On my to do list is to try to add a tab to the nbgitpuller/link generator to simplify the process of link creation. But in addition to a helper tool, is there a convention we might adopt to make it clearer when we are using this sort of split build/content repo approach?

Github conventionally uses the gh-pages branch as a “reserved” branch for constructing Github Pages docs related to a particular repo. Could we take a similar approach for defining a “Binder build” branch?

The binder/ directory in a repo can be used to partition Binder build requirements in a repo, but there are a couple of problems associated with this:

  • a maintainer may not want to have the binder/ directory cluttering their package repo;
  • any updates to the repo will force a rebuild of the Binder image next time the repo is run on a particular Binder node. (With Binder federation, if there are N hosts in the federation, after updating a repo, is it possible that my next N attempts to run the repo on MyBinder may require a rebuild if I am directed to a different host each time?)

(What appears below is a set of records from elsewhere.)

//! Laws of the machine, over the definitions alone: their functions do nothing.

ghost use Rattle.std.specs.Prelude.{◌≡◌, ℕ, List, Some};
ghost use Rattle.sync_objects.specs.Setup.{SetupView, IsWithinLimits};
ghost use Rattle.sync_objects.specs.declared.entry.Noted.{Noted};
ghost use Rattle.flow_code.specs.declared.code.Code.{Code};
ghost use Rattle.flow_code.specs.Settle.{IsRunnable};
ghost use Rattle.core_run.specs.Histories.{run_of, IsReachable, HasNoRace, HaveEnded, list_of, lists_of, entries_in};
ghost use Rattle.core_run.specs.Kept.{IsKept};
ghost use Rattle.core_run.specs.Machine.{Told, machine, start_state};
ghost use Rattle.core_run.specs.Walks.{walk_of};
ghost use Rattle.run_theory.specs.Labels.{Label};
ghost use Rattle.run_theory.specs.Laws.{IsLawful};
ghost use Rattle.run_theory.specs.Merge.{IsMerge, written_merge};
ghost use Rattle.run_theory.specs.Steps.{State};

/// Law: the machine of a runnable code keeps to the laws of runs. A thread's own steps are loads and stores of cells,
/// marks, and operations of which each draws the next number of its object. Revokes, stops and closes are made of it
/// by others. Each object's word has a place of its own after the cells.
pub fn law_machine()
    ensures { (code : Code) (setup : SetupView) →
        IsRunnable code →
        IsWithinLimits setup →
        IsLawful (machine code setup) }
{}

/// Law: in each state that can be reached the threads' numbers are in range, a log allows each thread's entries, of
/// which at most two are ending ones, and each object's word is one that its kind can have, after at most 2^25 operations.
pub fn law_kept()
    ensures { (code : Code) (setup : SetupView) (state : State Told) →
        IsRunnable code →
        IsWithinLimits setup →
        IsReachable code setup state →
        IsKept code setup state }
{}

/// Law: where no two threads race in any state that can be reached, two runs in which all threads have ended and
/// each thread has the same list of entries end in one state.
pub fn law_converge()
    ensures { (code : Code) (setup : SetupView) (labels other : List Label) (end other_end : State Told) →
        IsRunnable code →
        IsWithinLimits setup →
        HasNoRace code setup →
        run_of code setup labels ≡ Some end →
        run_of code setup other ≡ Some other_end →
        HaveEnded code setup end →
        HaveEnded code setup other_end →
        ((t : ℕ) → list_of end t ≡ list_of other_end t) →
        end ≡ other_end }
{}

/// Law: where no two threads race in any state that can be reached, every merge of the lists of a run in which all
/// threads have ended walks to the end of that run.
pub fn law_merges()
    ensures { (code : Code) (setup : SetupView) (labels : List Label) (end : State Told) (merged : List Noted) →
        IsRunnable code →
        IsWithinLimits setup →
        HasNoRace code setup →
        run_of code setup labels ≡ Some end →
        HaveEnded code setup end →
        IsMerge (list_of end) merged →
        walk_of code setup (entries_in merged) (start_state code setup) ≡ Some end }
{}

/// Law: the written merge of the lists of a run takes all of their entries, and is a merge of them.
pub fn law_written_merge()
    ensures { (code : Code) (setup : SetupView) (labels : List Label) (end : State Told) →
        IsRunnable code →
        IsWithinLimits setup →
        run_of code setup labels ≡ Some end →
        IsMerge (list_of end) (written_merge (lists_of end)) }
{}
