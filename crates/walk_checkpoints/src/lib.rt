//! Checkpoints of a log's walk: the state after so many entries as a file, and what is told of the walk of the rest from such
//! a file.
//!
//! Its contract: `taken_checkpoint`, `told_rest`; `law_one_checkpoint` and `law_one_rest`: a log has one of each on a code;
//! `law_rest_repeats`: the rest from a checkpoint that was taken is that of the whole walk.
//! It knows nothing of sources, words.
#![tactic(auto)]

mod going;
mod law;
mod rest;
mod stored;
mod taking;

pub use going::told_rest;
pub use law::{law_one_checkpoint, law_one_rest};
pub use rest::law_rest_repeats;
pub use taking::taken_checkpoint;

If by convention something like a binder-build branch was used to contain the build requirements for a repo, then the process for calling a build (by default) could be simplified.

Eg rather than having something like:

https://mybinder.org/v2/gh/colinleach/binder-box/master/?urlpath=git-pull?repo=https://github.com/colinleach/astro-Jupyter

we would have something like:

https://mybinder.org/v2/gh/colinleach/astro-Jupyter/binder-build/?urlpath=git-pull?repo=https://github.com/colinleach/astro-Jupyter

which could simplify to something that defaults to a build from binder-build branch (the “build” branch) and nbgitpull from master (the “content” branch):

https://mybinder.org/v2/gh/colinleach/astro-Jupyter?binder-build=True

Complications could be added to support changing the build branch, the nbgitpull branch, the commit/ID of a particular build, etc?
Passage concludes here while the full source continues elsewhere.